The main problem I have (once the touchpad starts working) so I've had Jelly Bean on my Touchpad before (CM 10.1 I think, it was an order vrs.) but I was getting problems with the memory thing. So I was going to use tailor to change the partition and cache sizes but then I've noticed that I could upgrade CM to a new version and saw that Evolv looked to be the best at the moment so I chose to go with that one. Well, after I re-flash the touchpad, I forgot to back up (as I read in other forums, backup back-up backup to my own fault). Now I was having this weird problem with not being able to get all the apps that I have previously purchased from the play store to show up (like GTA III would not come up) so I thought that the GAPP was wrong (even though I got it off of the link in the thread) so I was going to flash again and partition it properly. I accidently cleaned the cache in the mootboot and it completely wiped everything off of my touchpad. Now when I would hook up my touchpad to my computer, everything was gone (including the CMinstall folder) but it can still go to Evolv despite this. What I wanted to know (probably didn't need that background) but how can I start over completely? I see all these steps about re-flashing it but I don't know how with Evolv since I think I was having a major battery drain and wanted to change. Would WebOS doctor completely wipe my touchpad clean so I could start over? 

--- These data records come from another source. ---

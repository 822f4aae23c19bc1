ghost use Rattle.std.specs.Prelude.{◌≡◌, ◌==◌, ◌&&◌, cond, Some, None};
ghost use Rattle.uma_life.specs.Hook.{base_phase};

use std::alloc::Global;
use std::sync::Wait;
use std::sync::atomic::{AtomicU64, Ordering};
use uma_life::{Body, BodyPhase, Hooks, Memory, Tally, ZoneTally};

/// A body with a word of its own.
#[derive(Drop)]
pub struct Counted {
    pub no: u32,
    pub phase: BodyPhase,
    pub tally: Tally,
    pub word: u64,
}

impl Body for Counted {
    ghost life = { λ body. record { no = body.no; phase = body.phase; tally = body.tally } };

    fn no(&self) -> u32 {
        self.no
    }

    fn phase(&self) -> BodyPhase {
        self.phase
    }

    fn tally(&self) -> Tally {
        self.tally
    }
}

/// Hooks that refuse `zone_init` of zone 6 with 6, `ctor` at the argument 7 with 7, and `keg_init`, where they are told
/// to, with 9. They count burials. Those that leave a mark put it into the word, but for `ctor`, which puts its argument.
#[derive(Drop)]
pub struct CountedHooks {
    pub refuses_keg_init: bool,
    pub mark: u64,
    pub buried: AtomicU64,
}

impl CountedHooks {
    /// Hooks that refuse every `keg_init`, or none, with the mark 0.
    pub fn new(refuses_keg_init: bool) -> CountedHooks {
        CountedHooks {
            refuses_keg_init,
            mark: 0,
            buried: AtomicU64::new(0),
        }
    }

    /// Hooks that refuse no `keg_init`, with this mark.
    pub fn marking(mark: u64) -> CountedHooks
        ensures { result.mark ≡ mark }
    {
        CountedHooks {
            refuses_keg_init: false,
            mark,
            buried: AtomicU64::new(0),
        }
    }

    /// How many bodies were buried.
    pub fn buried(&self) -> u64 {
        self.buried.load(Ordering::SeqCst)
    }
}

fn unbuilt(zone: u8) -> BodyPhase
    ensures { result ≡ base_phase zone }
{
    if zone == 0 {
        BodyPhase::Kept
    } else {
        BodyPhase::Zoned { zone }
    }
}

impl Hooks<Counted> for CountedHooks {
    ghost refuses_init = { λ hooks body zone. cond (zone == 6) (Some 6) (cond (hooks.refuses_keg_init && zone == 0) (Some 9) None) };

    ghost refuses_ctor = { λ hooks body zone arg. cond (arg == 7) (Some 7) None };

    ghost makes = { λ hooks number body. body.word ≡ 0 };

    ghost leaves_init = { λ hooks body zone left. left.word ≡ hooks.mark };

    ghost leaves_ctor = { λ hooks body zone arg left. left.word ≡ arg };

    ghost leaves_dtor = { λ hooks body zone left. left.word ≡ hooks.mark };

    ghost leaves_fini = { λ hooks body zone left. left.word ≡ hooks.mark };

    fn raw<R: Wait>(&self, _rt: &R, _alloc: Global, no: u32) -> Result<Counted, Memory> {
        let counts = ZoneTally {
            inits: 0,
            ctors: 0,
            dtors: 0,
            finis: 0,
        };
        let tally = Tally {
            keg_inits: 0,
            keg_finis: 0,
            zones: [counts; 8],
        };
        Ok(Counted {
            no,
            phase: BodyPhase::Raw,
            tally,
            word: 0,
        })
    }

    fn keg_init(&self, body: &mut Counted) -> Result<(), u8> {
        if self.refuses_keg_init {
            return Err(9);
        }
        body.word = self.mark;
        body.phase = BodyPhase::Kept;
        body.tally.keg_inits = body.tally.keg_inits.wrapping_add(1);
        Ok(())
    }

    fn zone_init(&self, zone: u8, body: &mut Counted) -> Result<(), u8> {
        if zone == 6 {
            return Err(6);
        }
        body.word = self.mark;
        body.phase = BodyPhase::Zoned { zone };
        let counts = &mut body.tally.zones[zone as usize];
        counts.inits = counts.inits.wrapping_add(1);
        Ok(())
    }

    fn ctor(&self, zone: u8, body: &mut Counted, arg: u64) -> Result<(), u8> {
        if arg == 7 {
            return Err(7);
        }
        body.word = arg;
        body.phase = BodyPhase::Built { zone };
        let counts = &mut body.tally.zones[zone as usize];
        counts.ctors = counts.ctors.wrapping_add(1);
        Ok(())
    }

    fn dtor(&self, zone: u8, body: &mut Counted) {
        body.word = self.mark;
        body.phase = unbuilt(zone);
        let counts = &mut body.tally.zones[zone as usize];
        counts.dtors = counts.dtors.wrapping_add(1);
    }

    fn zone_fini(&self, zone: u8, body: &mut Counted) {
        body.word = self.mark;
        body.phase = BodyPhase::Kept;
        let counts = &mut body.tally.zones[zone as usize];
        counts.finis = counts.finis.wrapping_add(1);
    }

    fn keg_fini(&self, body: &mut Counted) {
        body.word = self.mark;
        body.phase = BodyPhase::Gone;
        body.tally.keg_finis = body.tally.keg_finis.wrapping_add(1);
    }

    fn bury<R: Wait>(&self, _rt: &R, body: Counted) -> Tally {
        self.buried.fetch_add(1, Ordering::SeqCst);
        body.tally
    }
}
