ghost use Rattle.std.specs.Prelude.{◌≡◌, [], ◌∷◌};
ghost use Rattle.std.proofs.Common.{lit<};
ghost use Rattle.uma_life.specs.Life.{no_counts};
ghost use Rattle.uma_life.specs.Hook.{KegInit, ZoneInit, Ctor, Dtor, ZoneFini, KegFini};
ghost use Rattle.uma_life.specs.Word.{whole_life, tally_in};

// The word and the counts of a life with one stay in zone 1, which has one build, and one in zone 0, which has two.
fn two_stays()
    ensures word { whole_life (record { zone = 1; times = 1; in_range = lit< tt } ∷ record { zone = 0; times = 2; in_range = lit< tt } ∷ [])
        ≡ KegInit ∷ ZoneInit 1 ∷ Ctor 1 ∷ Dtor 1 ∷ ZoneFini 1 ∷ Ctor 0 ∷ Dtor 0 ∷ Ctor 0 ∷ Dtor 0 ∷ KegFini ∷ [] }
    ensures counts { let tally = tally_in (KegInit ∷ ZoneInit 1 ∷ Ctor 1 ∷ Dtor 1 ∷ ZoneFini 1 ∷ Ctor 0 ∷ Dtor 0 ∷ Ctor 0 ∷ Dtor 0 ∷ KegFini ∷ []) in
        (tally.keg_inits ≡ 1) × (tally.keg_finis ≡ 1)
        × (tally.zones ≡ record { inits = 0; ctors = 2; dtors = 2; finis = 0 } ∷ record { inits = 1; ctors = 1; dtors = 1; finis = 1 }
        ∷ no_counts ∷ no_counts ∷ no_counts ∷ no_counts ∷ no_counts ∷ no_counts ∷ []) }
{}
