ghost use Rattle.std.specs.Prelude.{◌≡◌, ◌≢◌, IfOk};
ghost use Rattle.uma_life.specs.Cached.{cached_body, cached_zone};
ghost use Rattle.uma_life.specs.Live.{live_no, live_ticket};
ghost use Rattle.uma_life.specs.Stored.{stored_body};

use super::counted::{Counted, CountedHooks};
use deed_book::Book;
use std::test::Fail;
use std::thread::{Threads, join};
use uma_life::{BringRefused, Cached, Live, Lives, Stored, Ticket, ZoneTally};

#[test]
fn an_item_passes_its_hooks_in_pairs_and_in_order(rt: HostRuntime) -> Result<(), Fail> {
    let hooks = CountedHooks::new(false);
    let mut book = Book::new(rt.alloc(), 8)?;
    let stored = Stored::bring(&rt, rt.alloc(), &hooks, 5)?;
    assert!(rt; stored.no() == 5);
    let Ok(cached) = stored.lend(&hooks, book.issue(5, 1), 2) else {
        panic!(rt; "zone_init refused")
    };
    let Err((cached, code)) = cached.build(&hooks, 7) else {
        panic!(rt; "ctor accepted the argument 7")
    };
    assert!(rt; code == 7 && cached.no() == 5 && cached.zone() == 1 && cached.domain() == 2);
    let Ok(live) = cached.build(&hooks, 0) else {
        panic!(rt; "ctor refused")
    };
    let (stored, deed) = live.finish(&hooks).give_back(&hooks);
    assert!(rt; book.accept(deed) == (5, 1));
    let tally = stored.end(&rt, &hooks);
    let once = ZoneTally {
        inits: 1,
        ctors: 1,
        dtors: 1,
        finis: 1,
    };
    assert!(rt; tally.keg_inits == 1 && tally.keg_finis == 1 && tally.zones[1] == once);
    assert!(rt; hooks.buried() == 1);
    Ok(())
}

#[test]
fn a_body_that_keg_init_refuses_is_buried(rt: HostRuntime) -> Result<(), Fail> {
    let hooks = CountedHooks::new(true);
    let refused = Stored::<Counted>::bring(&rt, rt.alloc(), &hooks, 5).err();
    assert!(rt; refused == Some(BringRefused::Init { code: 9 }));
    let text = format!(in rt.alloc(); "{}", BringRefused::Init { code: 9 })?;
    assert_eq!(rt; text.as_str(), "keg_init refused the item with code 9");
    assert!(rt; hooks.buried() == 1);
    Ok(())
}

#[test]
fn zone_init_runs_in_secondary_zones_alone(rt: HostRuntime) -> Result<(), Fail> {
    let hooks = CountedHooks::new(false);
    let mut book = Book::new(rt.alloc(), 8)?;
    let stored = Stored::bring(&rt, rt.alloc(), &hooks, 5)?;
    let Err((stored, deed, code)) = stored.lend(&hooks, book.issue(5, 6), 0) else {
        panic!(rt; "zone_init accepted zone 6")
    };
    assert!(rt; code == 6 && stored.no() == 5 && book.accept(deed) == (5, 6));
    let Ok(cached) = stored.lend(&hooks, book.issue(5, 0), 0) else {
        panic!(rt; "zone_init refused zone 0")
    };
    assert!(rt; cached.body().tally.zones[0].inits == 0);
    let (stored, deed) = cached.give_back(&hooks);
    assert!(rt; book.accept(deed) == (5, 0));
    assert!(rt; stored.end(&rt, &hooks).zones[0].finis == 0);
    Ok(())
}

// A live item whose own word was changed, on a thread of its own.
fn marked_elsewhere<R: Threads + Sync>(rt: &R, live: Live<Counted>, word: u64) -> Live<Counted>
    ensures number { live_no result ≡ live_no live }
    ensures ticket { live_ticket result ≡ live_ticket live }
{
    let mark = move || -> Live<Counted>
        ensures number { live_no result ≡ live_no live }
        ensures ticket { live_ticket result ≡ live_ticket live }
    {
        let (mut body, ticket) = live.into_parts();
        body.word = word;
        Live::from_parts(body, ticket)
    };
    join(rt, mark, || ()).0
}

#[test]
fn a_live_item_keeps_its_ticket_across_threads_and_lists(rt: HostRuntime) -> Result<(), Fail> {
    let hooks = CountedHooks::new(false);
    let mut book = Book::new(rt.alloc(), 8)?;
    let stored = Stored::bring(&rt, rt.alloc(), &hooks, 5)?;
    let Ok(cached) = stored.lend(&hooks, book.issue(5, 1), 3) else {
        panic!(rt; "zone_init refused")
    };
    let Ok(live) = cached.build(&hooks, 0) else {
        panic!(rt; "ctor refused")
    };
    let live = marked_elsewhere(&rt, live, 77);
    let lives = Lives::from_vec(vec![in rt.alloc(); live]?);
    for live in lives.into_vec() {
        assert!(rt; live.no() == 5 && live.zone() == 1 && live.domain() == 3);
        assert!(rt; live.body().word == 77);
        let (deed, domain) = remade(live.into_parts().1).into_deed();
        assert!(rt; deed.no() == 5 && deed.zone() == 1 && domain == 3);
    }
    Ok(())
}

// A ticket of a ticket's deed and domain is that ticket again.
fn remade(ticket: Ticket) -> Ticket
    ensures { result ≡ ticket }
{
    let (deed, domain) = ticket.into_deed();
    Ticket::of(deed, domain)
}

// What an item's own hooks put into its word comes out of each step: the argument by `ctor`, their mark by `dtor`.
fn used(hooks: &CountedHooks, item: Cached<Counted>, arg: u64) -> Result<Cached<Counted>, u8>
    ensures { IfOk result (λ item. (cached_body item).word ≡ hooks.now.mark) }
{
    match item.build(hooks, arg) {
        Ok(live) => Ok(live.finish(hooks)),
        Err((_item, code)) => Err(code),
    }
}

// And their mark by `zone_fini`, in a secondary zone.
fn home(hooks: &CountedHooks, item: Cached<Counted>) -> Stored<Counted>
    ensures { cached_zone item ≢ 0 → (stored_body result).word ≡ hooks.now.mark }
{
    item.give_back(hooks).0
}

#[test]
fn a_body_is_as_the_hooks_left_it_that_ran(rt: HostRuntime) -> Result<(), Fail> {
    let (keg, zone) = (CountedHooks::marking(10), CountedHooks::marking(20));
    let mut book = Book::new(rt.alloc(), 8)?;
    let stored = Stored::bring(&rt, rt.alloc(), &keg, 5)?;
    assert!(rt; stored.body().word == 10);
    let Ok(cached) = stored.lend(&zone, book.issue(5, 1), 0) else {
        panic!(rt; "zone_init refused")
    };
    assert!(rt; cached.body().word == 20);
    let cached = used(&keg, cached, 30)?;
    assert!(rt; cached.body().word == 10);
    assert!(rt; home(&zone, cached).body().word == 20);
    Ok(())
}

Any help would be greatly appreciated. I've been dealing with this thing for a while now and thought I'd try to give it a shot posting about it.


----------



## topher67 (Aug 27, 2011)

I'm unclear, is the touchpad booting at all at the moment? If not, tpdebrick-v004 might be the best way forward.

After that, if it then boots, you may be able to do a fresh install of the rom of your choice and all should be good.

Otherwise, after tpdebrick-v004 you may be best uninstalling android completely using acmeuninstaller, using webos doctor 3.0 to return to factory default - this will correct your partitions, then upgrade to 3.5, again using doctor, and acmeinstaller3 to reinstall moboot, cwm and android rom of choice.

Hope this helps.


----------



## zdentonz (Nov 8, 2013)

topher67 said:


> I'm unclear, is the touchpad booting at all at the moment? If not, tpdebrick-v004 might be the best way forward.
> 
> After that, if it then boots, you may be able to do a fresh install of the rom of your choice and all should be good.
> 
> ...


Yeah, the touchpad is not booting at all. It seems like it refuses to charge. Topher, thank you for the response and I will give this a shot tonight.


----------



## Fat Albert (Dec 4, 2011)

This same problem happened to me just last week and I may have a solution for you. Just like you, I tried everything and every button combination and nothing worked. I left it plugged in for a week, but it wouldn't take a charge.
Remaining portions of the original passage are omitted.